►

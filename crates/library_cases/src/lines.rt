use beam_lines::{TimedLine, first_line, key_field, time_of, timed_line};
use case_files::Case;

/// The first line of a text, and where the next one starts.
pub fn answer_line(case: &mut Case<'_>) {
    let text = case.text();
    let line = first_line(text.as_slice());
    case.say_text(line.text);
    case.say_number(line.next as u64);
}

/// What a line of timed lines says.
pub fn answer_timed(case: &mut Case<'_>) {
    let line = case.text();
    match timed_line(line.as_slice()) {
        TimedLine::Timed(time, rest) => {
            case.say_number(time.ms());
            case.say_text(rest);
        }
        TimedLine::Declared(mark) => {
            case.say("mark");
            case.say_number(mark.ms());
        }
        TimedLine::Poison => case.say("poison"),
    }
}

/// The time that a text writes.
pub fn answer_time(case: &mut Case<'_>) {
    let text = case.text();
    match time_of(text.as_slice()) {
        Some(time) => case.say_number(time.ms()),
        None => case.say("none"),
    }
}

/// The key and the part of a text.
pub fn answer_key(case: &mut Case<'_>) {
    let text = case.text();
    let (key, part) = key_field(text.as_slice());
    case.say_text(key);
    case.say_text(part);
}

◄

Work to be completed:
Wherever a line of the entries holds the string "mark", copy that line.

Output for this task:
        TimedLine::Declared(mark) => {
            case.say("mark");
            case.say_number(mark.ms());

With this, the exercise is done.